Solana Beach-based ReRip and green architecture and engineering firm KV Company Inc. are partnering to make the project a reality. ReRip was created in 2007 to find ways of lessening surfers’ impact on the environment, said co-founder Meghan Dambacher.

“Surfboards are probably one of the most damaging things for the ecosystem,” Dambacher said.

The company allows surfers to post their surfboards on its Web site for resale and reuse. When gear becomes unsalvageable, ReRip collects the boards and puts them to more creative use, such as concrete. Solana Beach lifeguards have jumped on board, agreeing to collect dented and broken boards for ReRip.

“The guys there are all stoked on what’s going on,” Dambacher said.

Over the past few months, KV has been experimenting with concrete and foam mixtures concocted with surfboards donated to ReRip. Thus far research and development has yielded light-weight concrete that can be used for landscaping and sidewalks, said Sarkis Vartanian, who is heading up the project for KV.

Composed of approximately 30 percent foam, the material is more pliable than conventional concrete and has the potential to hold up better in earthquakes. However, because the concrete is so new, its longevity and resistance to high temperatures is not yet known, Vartanian said.

One major challenge in mixing surfboard foam into concrete is the material’s buoyancy. One way of holding the foam inside of the block involves sandwiching it between two layers of wire. It is also possible to anchor the foam by patting it down on poured concrete and after the first layer has dried, topping it with another.

KV has already sold a small quantity of the concrete to pave driveways and landscaping at two of the company’s projects in Temecula and Santa Monica. The company also plans to use the material to create outdoor furniture for La Tierra de la Culebra Park in Los Angeles.
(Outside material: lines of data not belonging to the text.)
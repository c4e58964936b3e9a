// A shape by the number of its kind, its directions and its numbers in the Rust's field order, as files of solids and tests hold it.
#![tactic(auto)]

ghost use Rattle.std.specs.Prelude.{◌≡◌};
ghost use Rattle.shape_fields.specs.Fields.{point_at, pointed, shape_of};

use math::Vec3;
use shape::Shape;

// The point of the first three numbers.
fn first_point(n: &[f64; 10]) -> Vec3
    ensures { result ≡ point_at n.now 0 }
{
    Vec3 {
        x: n[0],
        y: n[1],
        z: n[2],
    }
}

// The point of the three numbers after them.
fn second_point(n: &[f64; 10]) -> Vec3
    ensures { result ≡ point_at n.now 3 }
{
    Vec3 {
        x: n[3],
        y: n[4],
        z: n[5],
    }
}

// The kinds whose numbers begin with a point.
fn with_points(kind: u8, n: &[f64; 10]) -> Shape
    ensures { result ≡ pointed kind n.now }
{
    let p = first_point(n);
    let q = second_point(n);
    match kind {
        0 => Shape::Box { start: p, stop: q },
        2 => Shape::Sphere {
            center: p,
            radius: n[3],
        },
        3 => Shape::SphericalShell {
            center: p,
            radius: n[3],
            shell_width: n[4],
        },
        4 => Shape::Cylinder {
            start: p,
            stop: q,
            radius: n[6],
        },
        _ => Shape::CylindricalShell {
            start: p,
            stop: q,
            radius: n[6],
            shell_width: n[7],
        },
    }
}

// The shape of the kind, 0 to 9 in the order of `Shape`; any other number counts as 5. Numbers and directions that a kind has no use for change nothing.
// The number is read into Shape here, once: an enum of kinds beside it would be a second list of the same ten.
// Not From: the kind, the directions and the numbers come apart, from C too, and would be put into a tuple for it.
pub fn shape_of(kind: u8, norm_dir: u8, rot_axis_dir: u8, n: &[f64; 10]) -> Shape
    ensures { result ≡ shape_of kind norm_dir rot_axis_dir n.now }
{
    match kind {
        1 => Shape::MultiBox,
        6 => Shape::Polygon {
            norm_dir,
            elevation: n[0],
        },
        7 => Shape::LinPoly {
            norm_dir,
            elevation: n[0],
            length: n[1],
        },
        8 => Shape::RotPoly {
            norm_dir,
            elevation: n[0],
            rot_axis_dir,
            start_angle: n[1],
            stop_angle: n[2],
        },
        9 => Shape::Wire { radius: n[0] },
        _ => with_points(kind, n),
    }
}
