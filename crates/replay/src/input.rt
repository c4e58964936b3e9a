// Reading from standard input, in blocks. Each function answers whether the input had enough.
// Floats and words apart: one function over both would take the size of an item and what reads it, and be as long as the two.
ghost use Rattle.std.specs.Prelude.{◌≤◌, length};

// Fills b.
pub(crate) fn fill(b: &mut [u8]) -> bool {
    if b.len() == 0 {
        return true;
    }
    let n = io::read_full(0, b);
    n == b.len()
}

// Fills out with floats.
pub(crate) fn floats(out: &mut [f64]) -> bool {
    let mut buf = [0u8; 16384];
    for block in out.chunks_mut(2048) {
        let n = 8 * block.len();
        if !fill(&mut buf[..n]) {
            return false;
        }
        slice_byte_lists::get_floats(&buf[..n], block);
    }
    true
}

// Fills out with 32-bit numbers.
pub(crate) fn words(out: &mut [u32]) -> bool {
    let mut buf = [0u8; 16384];
    for block in out.chunks_mut(4096) {
        let n = 4 * block.len();
        if !fill(&mut buf[..n]) {
            return false;
        }
        slice_byte_lists::get_words(&buf[..n], block);
    }
    true
}

// Passes over n bytes.
fn skip(n: usize) -> bool {
    let mut buf = [0u8; 16384];
    for _ in 0..n / 16384 {
        if !fill(&mut buf) {
            return false;
        }
    }
    fill(&mut buf[..n % 16384])
}

// Passes over n floats, fewer than 2^32.
// One line each: as one function of an item's size it would need a clause that bounds the size.
pub(crate) fn skip_floats(n: usize) -> bool {
    if n < 4294967296 { skip(8 * n) } else { false }
}

// Passes over n 32-bit numbers, fewer than 2^32.
pub(crate) fn skip_words(n: usize) -> bool {
    if n < 4294967296 { skip(4 * n) } else { false }
}

// Reads the bytes of n operations, 136 each, to the start of buf.
pub(crate) fn op_bytes(n: usize, buf: &mut [u8]) -> bool {
    if buf.len() / 136 < n {
        return false;
    }
    fill(&mut buf[..136 * n])
}
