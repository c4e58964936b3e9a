// Call 1: the solid of a case.
use replay_calls::{Answer, Session, after};
use replay_format::Head;
use replay_head::{Case, own_system, system};
use shape::{Drawing, TessellationOptions};
use slice::wide;
use transform::{Operations, TransformOp};

// The operations of a case, as many as its head counts.
pub(crate) fn operations(h: Head, ops: [TransformOp; 16]) -> Operations {
    Operations {
        ops,
        count: wide(h.op_count),
        degrees: h.degrees == 1,
    }
}

// What a case draws, with its list and its operations.
fn drawing<'a>(c: Case, ops: [TransformOp; 16], list: &'a [f64]) -> Drawing<'a> {
    let h = c.head;
    Drawing {
        shape: c.shape,
        list,
        own: own_system(h.own_system),
        default: system(h.default_system),
        options: TessellationOptions {
            segments: wide(h.segments),
            sphere_rings: wide(h.sphere_rings),
        },
        operations: operations(h, ops),
    }
}

// Draws the solid in filled slices, and writes it.
fn drawn(
    c: Case,
    ops: [TransformOp; 16],
    vertices: &mut [f64],
    triangles: &mut [u32],
    work: &mut [u32],
    list: &[f64],
) -> Answer {
    replay_slices::fill_slices(vertices, triangles, work);
    let d = drawing(c, ops, list);
    let made = tessellate::tessellate(&d, vertices, triangles, work);
    crate::written::drawn(made, vertices, triangles, work)
}

// 1: tessellates into A, in the parts of the arrays that the case has.
pub(crate) fn tessellate(
    s: Session,
    c: Case,
    ops: [TransformOp; 16],
    va: &mut [f64],
    ta: &mut [u32],
    work: &mut [u32],
    list: &[f64],
) -> Session {
    let h = c.head;
    let n = wide(h.vertex_floats).min(va.len());
    let k = wide(h.triangle_numbers).min(ta.len());
    let w = wide(h.work_numbers).min(work.len());
    let l = wide(h.list_floats).min(list.len());
    let r = drawn(
        c,
        ops,
        &mut va[..n],
        &mut ta[..k],
        &mut work[..w],
        &list[..l],
    );
    after(s, r, n, k)
}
Some examples of the concrete are available at HomeBlown, a San Diego-based company that manufactures Biofoam flats for shaping surfboards. Biofoam is an environmentally-friendly alternative to traditional surfboard flats, using soy to make polyurethane rather than petroleum, said owner Ned McMahon. HomeBlown sees the concrete project as another way to reduce the impact of surfboards on the environment.

“As a manufacturer we can’t just make the foam and not be concerned about the impact,” McMahon said.

Although surfboard foam is a promising addition to concrete, it is unlikely to resolve the county’s aggregate shortage, McMahon said.

“The surfboard industry is frankly too small,” McMahon said.

KV’s immediate plans include experimenting with incorporating ski and snowboard equipment, which ReRip also collects. Long-term goals include mixing in foam cups and plates, which are more widely available, Vartanian said.

The company is hopeful future research and development will yield concrete that meets standards for structural walls, highways, bridges and potentially even asphalt. If such materials are produced, the KV plans to sell it to other companies and manufacturers, Vartanian said.

“Our goal is to be able to incorporate any type of foam to prevent it ending up in the landfill,” Vartanian said.